Banned Books Week: la censure selon Tash Aw

A l’occasion de la Banned Books Week (du 22 au 28 Septembre), campagne annuelle de sensibilisation contre la censure littéraire, l’écrivain malaisien Tash Aw a pris la parole sur le site du quotidien britannique The Guardian pour dénoncer une évolution pernicieuse de la censure en Malaisie et ailleurs en Asie : l’auto-censure. « En Malaisie, écrit-il, la censure d’état de ma jeunesse a été remplacée par un conservatisme plus insidieux et abrutissant de l’Internet. »

Tash Aw / © Ian Teh

Il y a de cela quelques années, peu après la sortie de mon premier roman, je me trouvais dans une des plus grandes librairies de Malaisie, en admiration devant les piles de mon roman élégamment présentées sur une table près de l’entrée du magasin. Je m’extasiais devant les reluisantes dalles en terrazzo et la diversité des titres en rayon, agréablement surpris par les changements intervenus en 20 ans – les librairies de mon adolescence, pauvrement achalandées d’exemplaires jaunis de Penguin Classics sous cellophane, ne m’avaient laissé que de tristes souvenirs. Parmi les inévitables tas de romans chick-lit aux couvertures rose bonbon et autres thrillers de John Grisham, un titre attira mon attention : l’édition de poche du roman d’Alan Hollinghurst, La Ligne de Beauté, alors fraîchement publié et récompensé du Booker Prize. Dans un pays où l’homosexualité reste illégale, la vente libre de ce livre m’apparut étonnante. J’en feuilletai les pages, en quête d’encre indélébile noircissant les passages offensants, mais je fus agréablement surpris de voir que rien n’avait été censuré. Peut-être, pensai-je, les autorités ne savaient-elles pas ce qu’« anulingus » veut dire ; mais comment expliquer la présence de grossièretés, allègrement essaimées dans tout le roman, ou même de scènes de consommation de drogues ? Les autorités en charge avaient-elles seulement lu le livre ? Ou bien se pouvait-il simplement que les temps aient changé, et que la liberté d’expression – longtemps un fléau redouté des jeunes Etats-nations d’Asie – fleurisse désormais sans entrave ?

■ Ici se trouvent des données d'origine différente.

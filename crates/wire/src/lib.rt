// What every part of a job has: numbers in bytes, what is wrong and where, what reading gives, and what a call answers that writes bytes.

#![tactic(auto)]

mod endian;
mod refusals;

ghost use Rattle.std.specs.Prelude.{◌≡◌};
ghost use Rattle.wire.specs.Writer.{refused_answer, written_answer};
ghost use Rattle.wire.specs.Results.{number_of};

pub use endian::{FromBytes, ToBytes};
pub use refusals::{Fault, Read, Refusal, Refused, by_itself, check_command, refuse_if};

// The answer, a record of C, of a call that writes bytes into a lent buffer: a refusal's number, part and position, or zeros and
// the count of bytes written.
#[repr(C)]
#[derive(Clone, Copy, Debug, PartialEq, Eq)]
pub struct WriterAnswer {
    pub number: u8,
    pub part: u8,
    pub position: usize,
    pub count: usize,
}

impl WriterAnswer {
    pub fn from_fault(fault: Fault) -> WriterAnswer
        ensures { result ≡ refused_answer (number_of fault.refusal) fault.part fault.position }
    {
        WriterAnswer {
            number: fault.refusal.number(),
            part: fault.part,
            position: fault.position,
            count: 0,
        }
    }

    pub fn written(count: usize) -> WriterAnswer
        ensures { result ≡ written_answer count }
    {
        WriterAnswer {
            number: 0,
            part: 0,
            position: 0,
            count,
        }
    }
}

J’ai grandi dans un pays où la censure était un mode de vie, tellement intégrée dans notre psyché individuelle et collective que le moindre acte de création semblait défini par son rapport à l’autorité. Comme la plupart des jeunes garçons, j’ai pris conscience de cette censure de l’imprimé d’une manière doucement risible – nous étions habitués à voir les mots décrivant les parties du corps effacés au marqueur (appliqué à la main, semblait-il), et des bandes noires en travers des poitrines de femmes quand bien même celles-ci semblaient porter un bikini. Mais au-delà de ces badineries d’enfant, se dressait toujours, en arrière-plan, le spectre des livres interdits : mémoires de personnalités communistes, romans politiques ou religieux, œuvres à caractère sexuel – tout ce qui était jugé menaçant pour la sécurité d’une nation encore jeune et informe, aussi bien d’un point de vue politique que moral. Dans ce cadre restreint, les écrivains trouvaient bien sûr toujours les moyens de s’exprimer, mais ils le faisaient en pleine conscience du périmètre au sein duquel ils évoluaient, et des conséquences d’une mauvaise appréhension des limites, constamment mouvantes, de ce qui était jugé comme acceptable. Le même sentiment exprimé dans des climats politiques différents pouvait avoir des répercussions variables : la vie d’un écrivain devenait le baromètre des sensibilités politiques, raciales et culturelles.

Mais deux décennies de croissance économique ont précédé l’entrée dans un siècle nouveau, et avec lui, l’argent a apporté un sentiment de liberté. Les gens pouvaient désormais choisir leur éducation, leur façon de s’habiller, leur lieu d’habitation ; ils étaient libres de voyager à l’étranger, où ils s’exposaient à de nouvelles idées ; ils se faisaient une image plus précise de leur identité en relation avec la machine étatique qui les avait jusqu’alors protégés et surveillés en tout. Et surtout, l’enrichissement de la décennie passée a apporté avec lui l’Internet, ce fabuleux instrument de liberté d’expression.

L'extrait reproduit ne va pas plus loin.